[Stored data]
%%

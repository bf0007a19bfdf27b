//! The kept ids of a set in parts: the own corners of each part, and the ids that all parts share.
ghost use Rattle.std.specs.{Prelude.◌≡◌, Prelude.IfOk, Prelude.map, List.All};
ghost use Rattle.qh_model.specs.contract.IdSets.{AreIndices};
ghost use Rattle.qh_parts_join.specs.contract.Kept.{places_of, ArePlaced};

use crate::parts::Part;
use qh_model::{Id, Point};
use qh_places::Places;
use std::alloc::{AllocError, Global};

/// The points of a set, and its kept ids: the own corners of each of its parts, by blocks, and the shared ids.
#[derive(Clone, Copy, Drop)]
pub struct Kept<'a> {
    /// All points of the set, by id.
    pub pts: &'a [Point],
    /// For each part, in the order of the parts, its own corners with their points in `pts`.
    pub corners: &'a [Places],
    /// The ids that all parts share, each below the number of points.
    pub shared: &'a [Id],
    ghost corners_in: { All (ArePlaced pts.now) corners.now },
    ghost shared_in: { AreIndices pts.now shared.now },
}

impl Kept<'_> {
    /// Returns the number of own corners of all parts.
    pub(crate) fn corner_count(self) -> usize {
        let mut count = 0usize;
        for places in self.corners {
            count = count.saturating_add(places.points.len());
        }
        count
    }
}

/// Returns the own corners of parts, by blocks, part by part. The meshes of the parts are dropped.
///
/// # Errors
///
/// `AllocError` if an allocation failed.
pub fn corners_of(alloc: Global, mut parts: Vec<Part>) -> Result<Vec<Places>, AllocError>
    ensures { IfOk result (λ v. v.items ≡ map places_of parts.items) }
{
    let mut corners = Vec::with_capacity(alloc, parts.len())?;
    while let Some(part) = parts.pop() {
        corners.push(part.places)?;
    }
    corners.reverse();
    Ok(corners)
}
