//! Parts with few corners to test against some planes.
ghost use Rattle.qh_places.specs.contract.Near.{IsNear};

use qh_places::{Near, Places};

/// The own corners of a part, with the positions to test against some planes.
#[derive(Drop)]
pub(crate) struct NearPart<'a> {
    pub places: &'a Places,
    pub near: Near,
    ghost found: { IsNear places.now.points.items near },
}

/// Returns an estimate of how many blocks and points of the parts are tested against `planes` planes.
pub(crate) fn cost_of(nears: &[NearPart], planes: usize) -> usize {
    let mut cost = 0usize;
    for part in nears {
        cost = cost.saturating_add(part.near.cost(planes));
    }
    cost
}
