//! The hull of a set from faces of its parts and polygons that close the gap between them.
ghost use Rattle.std.specs.Prelude.{◌≡◌, ◌++◌, IfOk, IfSome, IsPermutation, IsTrue};
ghost use Rattle.std.specs.List.{All};
ghost use Rattle.qh_model.specs.headline.Polygons.{RiseStrictly};
ghost use Rattle.qh_bodies.specs.contract.{Borders.HaveOneBorder, Tallies.IsTally};
ghost use Rattle.qh_parts_join.specs.{contract.Joined.IsBodyOfJoined, steps.Bridges.IsBridge};
ghost use Rattle.qh_parts_join.specs.steps.JoinedFaces.{IsBodyOfFaces};

use crate::join::bridges::are_bridges;
use crate::join::kept::Kept;
use qh_bodies::{Tally, UnsortedFaces, body_of_faces, have_one_border, out_of_order};
use qh_model::{Body, Memory, Polygon};
use std::alloc::{AllocError, Global};
use std::thread::Threads;

/// Returns true if polygons are in order.
fn are_in_order(polygons: &[Polygon]) -> bool
    ensures { IsTrue result → RiseStrictly polygons.now }
{
    out_of_order(polygons).is_none()
}

/// Returns true if bridges have the border of the faces that are gone, and each is a face of the kept ids of a set.
/// The workers check the bridges.
fn close_gap<R: Threads>(
    rt: &R,
    alloc: Global,
    kept: Kept,
    gone: &[Polygon],
    bridges: &[Polygon],
    workers: usize,
) -> Result<bool, Memory>
    ensures border { IfOk result (λ yes. IsTrue yes → HaveOneBorder gone.now bridges.now) }
    ensures faces { IfOk result (λ yes. IsTrue yes → All
        (IsBridge kept.entry.pts.now kept.entry.corners.now kept.entry.shared.now) bridges.now) }
{
    let closes = have_one_border(alloc, gone, bridges)?;
    if !closes {
        return Ok(false);
    }
    are_bridges(rt, alloc, kept, bridges, workers)
}

/// Returns copies of polygons.
fn copies_of(alloc: Global, polygons: &[Polygon]) -> Result<Vec<Polygon>, AllocError>
    ensures { IfOk result (λ v. v.items ≡ polygons.now) }
{
    let mut copies = Vec::with_capacity(alloc, polygons.len())?;
    for polygon in polygons {
        copies.push(Polygon::of(Vec::from_slice(alloc, polygon.ids())?))?;
    }
    Ok(copies)
}

/// Returns faces and bridges together.
fn with_bridges(
    alloc: Global,
    given: UnsortedFaces,
    bridges: &[Polygon],
) -> Result<UnsortedFaces, AllocError>
    ensures { IfOk result (IsPermutation (given ++ bridges.now)) }
{
    let more = UnsortedFaces::of(alloc, copies_of(alloc, bridges)?)?;
    given.and(more)
}

/// Returns the hull of a set from faces and their tally, if there is a face and they are in order, so that no two are the
/// same.
///
/// The caller ensures that the faces close up, and that each is either the polygon of a facet that stays in a part and
/// has a clear plane, or a face of the kept ids. So they are all faces of the set
/// (`qh_laws::seam::joined_faces_are_hull`).
fn body_of_joined(polygons: Vec<Polygon>, tally: Tally) -> Option<Body>
    requires { IsTally polygons.items tally }
    ensures { IfSome result (IsBodyOfFaces polygons.items) }
{
    if polygons.len() == 0 {
        return None;
    }
    if !are_in_order(&polygons) {
        return None;
    }
    Some(body_of_faces(polygons, tally))
}

/// Returns the hull of a set from faces that its parts contribute and polygons that close the gap between them. Returns
/// `None` if one of these polygons is no face of the kept ids of the set, if they do not have the border of the faces
/// that are gone, or if two faces are the same; the contract allows it in every case. Two workers sort the faces and
/// count their edges while the others check the bridges.
///
/// `given` are the faces that the parts contribute, `gone` the faces of the parts that the set does not have, and `bridges`
/// the polygons that close the gap, which may be any. The caller ensures that each of `given` is a face of the set, as
/// `body_of_joined` states it, that `given` and `gone` together close up, and that the set is solid. Fewer than three
/// `workers` count as three.
///
/// # Errors
///
/// `Memory` if an allocation failed.
pub fn join_faces<R: Threads>(
    rt: &R,
    alloc: Global,
    kept: Kept,
    given: UnsortedFaces,
    gone: &[Polygon],
    bridges: &[Polygon],
    workers: usize,
) -> Result<Option<Body>, Memory>
    ensures { IfOk result (λ found. IfSome found
        (IsBodyOfJoined kept.entry.pts.now kept.entry.corners.now kept.entry.shared.now given gone.now)) }
{
    let faces = with_bridges(alloc, given, bridges)?;
    let others = workers.saturating_sub(2);
    let ask = move || -> Result<bool, Memory>
        ensures border { IfOk result (λ yes. IsTrue yes → HaveOneBorder gone.entry.now bridges.entry.now) }
        ensures faces { IfOk result (λ yes. IsTrue yes → All
            (IsBridge kept.entry.pts.now kept.entry.corners.now kept.entry.shared.now) bridges.entry.now) }
    { close_gap(rt, alloc, kept, gone, bridges, others) };
    let (polygons, tally, closes) = faces.sorted_beside(rt, alloc, ask)?;
    let closes = closes?;
    if !closes {
        return Ok(None);
    }
    Ok(body_of_joined(polygons, tally))
}
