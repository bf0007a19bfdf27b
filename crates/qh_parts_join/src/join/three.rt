//! The first three corners of a polygon.
ghost use Rattle.std.specs.Prelude.{IsTrue};
ghost use Rattle.qh_model.specs.headline.Sets.{In};

use qh_model::Id;

/// Three ids.
#[derive(Clone, Copy, Drop)]
pub(crate) struct Three {
    pub i: Id,
    pub j: Id,
    pub k: Id,
}

/// Returns true if an id is one of a list.
fn has(ids: &[Id], id: Id) -> bool
    ensures { IsTrue result → In id ids.now }
{
    ids.contains(&id)
}

impl Three {
    /// Returns true if each of the ids is one of a list.
    pub fn is_in(self, ids: &[Id]) -> bool
        ensures i { IsTrue result → In self.i ids.now }
        ensures j { IsTrue result → In self.j ids.now }
        ensures k { IsTrue result → In self.k ids.now }
    {
        has(ids, self.i) && has(ids, self.j) && has(ids, self.k)
    }
}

%%

EXERCISE:
Out of the entries above, write out only the lines between the line holding "between them. Returns" and the line holding "the faces and", inclusive, each exactly as given.

SOLUTION FOR THIS PROBLEM:
/// Returns the hull of a set from faces that its parts contribute and polygons that close the gap between them. Returns
/// `None` if one of these polygons is no face of the kept ids of the set, if they do not have the border of the faces
/// that are gone, or if two faces are the same; the contract allows it in every case. Two workers sort the faces and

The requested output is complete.